The maximum value possible for .fill is 0xd000. We do this to avoid "overshoot" errors, that is, error where $ is greater than the offset you're trying to reach in an expression like .fill X-$ (such an expression overflows to 0xffff).

.org: Sets the Program Counter to the value of the argument, an expression. For example, a label being defined right after a .org 0x400, would have a value of 0x400. Does not do any filling. You have to do that explicitly with .fill, if needed. Often used to assemble binaries designed to run at offsets other than zero (userland).

.out: Outputs the value of the expression supplied as an argument to ZASM_DEBUG_PORT. The value is always interpreted as a word, so there's always two out instruction executed per directive. High byte is sent before low byte. Useful or debugging, quickly figuring our RAM constants, etc. The value is only outputted during the second pass.

.inc: Takes a string literal as an argument. Open the file name specified in the argument in the currently active filesystem, parse that file and output its binary content as is the code has been in the includer file.

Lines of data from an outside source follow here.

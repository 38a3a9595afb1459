//! Finds how each job of a script ended.

ghost use Rattle.std.specs.Prelude.{◌≡◌, [], map, IfOk, OnOk, None};
ghost use Rattle.asset_names.specs.declared.names.Txn.{Txn as Name};
ghost use Rattle.asset_jobs.specs.Ended.{known_in, last_end, row_among, row_by, text_of};

use crate::rows::JobText;
use asset_bodies::JobEnd;
use asset_grammar::JobAct;
use asset_names::{NoMemory, Txn};
use indexmap::IndexMap;
use std::alloc::{AllocError, Global};

/// Returns the text of an end.
#[tactic(auto, unfolding(crate::specs::Ended::text_of))]
fn text_of(end: JobEnd) -> JobText
    ensures { result ≡ text_of end }
{
    match end {
        JobEnd::Committed => JobText::Committed,
        JobEnd::Aborted => JobText::Aborted,
        JobEnd::Unsettled => JobText::Unsettled,
    }
}

/// Returns the names of jobs, in order.
pub fn names_of(alloc: Global, jobs: &[(Txn, Vec<JobAct>)]) -> Result<Vec<Txn>, AllocError>
    ensures { IfOk result (λ names. names.items ≡ map (λ job. job.0) jobs.now) }
{
    jobs.iter().map(|job| job.0).collect(alloc)
}

/// Notes how the jobs ended in a table that is empty before.
fn note_ends(known: &mut IndexMap<Txn, JobText>, ends: &[(Txn, JobEnd)]) -> Result<(), NoMemory>
    requires { known.old.entries ≡ [] }
    ensures { OnOk result ((t : Name) → known_in known.new.entries t ≡ last_end None ends.now t) }
{
    'ends: for end in ends {
        match known.insert(end.0, text_of(end.1)) {
            Ok(_) => {}
            Err(_) => return Err(NoMemory),
        }
    }
    Ok(())
}

/// Returns the row of a job.
#[tactic(auto, unfolding(crate::specs::Ended::known_in))]
fn row_of(known: &IndexMap<Txn, JobText>, t: Txn) -> (Txn, JobText)
    ensures { result ≡ row_by (known_in known.now.entries t) t }
{
    match known.get(&t) {
        Some(text) => (t, *text),
        None => (t, JobText::NotBegun),
    }
}

/// Adds a row for each of the names, in order, to rows that are empty before.
fn fill(
    rows: &mut Vec<(Txn, JobText)>,
    known: &IndexMap<Txn, JobText>,
    names: &[Txn],
) -> Result<(), NoMemory>
    requires { rows.old.items ≡ [] }
    ensures { OnOk result (rows.new.items ≡ map (λ (t : Name). row_by (known_in known.now.entries t) t) names.now) }
{
    'names: for t in names {
        match rows.push(row_of(known, *t)) {
            Ok(()) => {}
            Err(_) => return Err(NoMemory),
        }
    }
    Ok(())
}

/// Returns the rows of the jobs with these names, in order: how each of them ended, by the last of the ends that bears its
/// name, or that it was not begun if none does. It answers `NoMemory` if memory runs out, and takes time nearly in proportion
/// to the names and the ends.
pub fn rows_of(
    alloc: Global,
    names: &[Txn],
    ends: &[(Txn, JobEnd)],
) -> Result<Vec<(Txn, JobText)>, NoMemory>
    ensures { IfOk result (λ rows. rows.items ≡ map (row_among ends.now) names.now) }
{
    let mut known = IndexMap::new(alloc);
    let noted = note_ends(&mut known, ends);
    let mut rows = Vec::new(alloc);
    let filled = fill(&mut rows, &known, names);
    drop(known);
    match (noted, filled) {
        (Ok(()), Ok(())) => Ok(rows),
        _ => Err(NoMemory),
    }
}
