//! Sinks and sources over std's writers and readers.
ghost use Rattle.std.specs.Prelude.{◌≡◌, false};
ghost use Rattle.iv_bytes.specs.Sinks.{unbuffered};

use crate::sink::{Flush, Sink, WriteFault};
use crate::source::{ReadFault, Source, counted};
use std::io::{Read, Write};

/// A sink over a writer. An error of its `write` or its `flush`, an interruption included, and an answer of 0 are failures.
#[derive(Drop)]
pub struct StdSink<W> {
    writer: W,
    failed: bool,
}

impl<W: Write> StdSink<W> {
    /// It is not failed.
    pub fn new(writer: W) -> StdSink<W>
        ensures { (result.writer ≡ writer) × (result.failed ≡ false) }
    {
        StdSink {
            writer,
            failed: false,
        }
    }
}

impl<W: Write> Sink for StdSink<W> {
    ghost state = { λ s. unbuffered (W.contents s.writer) s.failed };

    fn push(&mut self, bytes: &[u8]) -> Result<usize, WriteFault> {
        if self.failed {
            return Err(WriteFault);
        }
        match self.writer.write(bytes) {
            Ok(n) if n > 0 => Ok(n),
            _ => {
                self.failed = true;
                Err(WriteFault)
            }
        }
    }

    fn failed(&self) -> bool {
        self.failed
    }
}

impl<W: Write> Flush for StdSink<W> {
    fn flush(&mut self) -> Result<(), WriteFault> {
        match self.writer.flush() {
            Ok(()) => Ok(()),
            Err(_) => {
                self.failed = true;
                Err(WriteFault)
            }
        }
    }
}

/// A source over a reader. An error of its `read`, an interruption included, is a failure.
#[derive(Drop)]
pub struct StdSource<R> {
    reader: R,
    failed: bool,
    ends: u8,
}

impl<R: Read> StdSource<R> {
    /// It is not failed, and hasn't met the end.
    pub fn new(reader: R) -> StdSource<R>
        ensures { (result.reader ≡ reader) × (result.failed ≡ false) × (result.ends ≡ 0) }
    {
        StdSource {
            reader,
            failed: false,
            ends: 0,
        }
    }
}

impl<R: Read> Source for StdSource<R> {
    ghost state = { λ s. record { remaining = R.remaining s.reader; failed = s.failed; ends = s.ends } };

    fn pull(&mut self, into: &mut [u8]) -> Result<usize, ReadFault> {
        if self.failed {
            return Err(ReadFault);
        }
        match self.reader.read(into) {
            Ok(n) => {
                self.ends = counted(self.ends, n);
                Ok(n)
            }
            Err(_) => {
                self.failed = true;
                Err(ReadFault)
            }
        }
    }

    fn failed(&self) -> bool {
        self.failed
    }
}
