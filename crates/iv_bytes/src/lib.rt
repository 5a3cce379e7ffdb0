//! Sinks that take bytes and sources that give them, buffers between, and both over memory and over std's writers and readers.
#![tactic(auto)]

mod byte_queue;
mod memory;
mod sink;
mod source;
mod standard;

pub use byte_queue::ByteQueue;
pub use memory::{MemSink, MemSource};
pub use sink::{Buffered, Flush, Sink, WriteFault, put_all, put_pieces};
pub use source::{ReadFault, Source};
pub use standard::{StdSink, StdSource};
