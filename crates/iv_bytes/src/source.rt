//! Sources, which give bytes in pieces.
ghost use Rattle.std.specs.Prelude.{◌≡◌, ◌==◌, ◌<◌, ◌≤◌, ◌+◌, length, take, min, true, [], if◌then◌else◌, IfOk, OnErr, IsErr, IsTrue};
ghost use Rattle.std.specs.Io.KnownBytes.{IsAtEnd};
ghost use Rattle.iv_bytes.specs.Sources.{SourceState, Gives, answered};

use thiserror::Error;

/// A read failed. The source that answers it is failed from then on.
#[derive(Clone, Copy, Debug, PartialEq, Eq, Error)]
#[error("input cannot be read")]
pub struct ReadFault;

/// Gives bytes.
pub trait Source {
    /// What remains, whether it is failed, and how often it has answered that nothing remains.
    ghost state: { Self → SourceState };

    /// Writes the next bytes to the front and says how many; none only at the end. A fault gives nothing and fails the source for good.
    fn pull(&mut self, into: &mut [u8]) -> Result<usize, ReadFault>
        requires { 0 < length into.old }
        ensures some { IfOk result (λ n. n ≤ length into.new) }
        ensures ok { IfOk result (λ n. Gives (answered n (state self.old)) (state self.new) (take n into.new)) }
        ensures end { IfOk result (λ n. n ≡ 0 → IsAtEnd (state self.new).remaining) }
        ensures kept { OnErr result (Gives (record (state self.old) { failed = true }) (state self.new) []) }
        ensures failing { IsTrue (state self.old).failed → IsErr result };

    /// Whether a pull has failed.
    fn failed(&self) -> bool
        ensures { result ≡ (state self.now).failed };
}

/// How often a source has answered that no byte is left, once it has answered with so many. The count stays at 255.
pub(crate) fn counted(ends: u8, count: usize) -> u8
    ensures { result ≡ if count == 0 then min (ends + 1) 255 else ends }
{
    if count == 0 {
        ends.saturating_add(1)
    } else {
        ends
    }
}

.bin: Takes a string literal as an argument. Open the file name specified in the argument in the currently active filesystem and outputs its contents directly.

Undocumented instructions

zasm doesn't support undocumented instructions such as the ones that involve using IX and IY as 8-bit registers. We used to support them, but because this makes our code incompatible with Z80-compatible CPUs such as the Z180, we prefer to avoid these in our code.

AVR assembler

zasm can be configured, at compile time, to be a AVR assembler instead of a z80 assembler. Directives, literals, symbols, they're all the same, it's just instructions and their arguments that change.

Instructions and their arguments have a ayntax that is similar to other AVR assemblers: registers are referred to as rXX, mnemonics are the same, arguments are separated by commas.

To assemble an AVR assembler, use the gluea.asm file instead of the regular one.

Note about AVR and PC: In most assemblers, arithmetics for instructions addresses have words (two bytes) as their basic unit because AVR instructions are either 16bit in length or 32bit in length. All addresses constants in upcodes are in words. However, in zasm's core logic, PC is in bytes (because z80 upcodes can be 1 byte).

The AVR assembler, of course, correctly translates byte PCs to words when writing upcodes, however, when you write your expressions, you need to remember to treat with bytes. For example, in a traditional AVR assembler, jumping to the instruction after the "foo" label would be "rjmp foo+1". In zasm, it's "rjmp foo+2". If your expression results in an odd number, the low bit of your number will be ignored.

Limitations:

  • CALL and JMP only support 16-bit numbers, not 22-bit ones.
  • BRLO and BRSH are not there. Use BRCS and BRCC instead.
  • No high() and low(). Use &0xff and }8.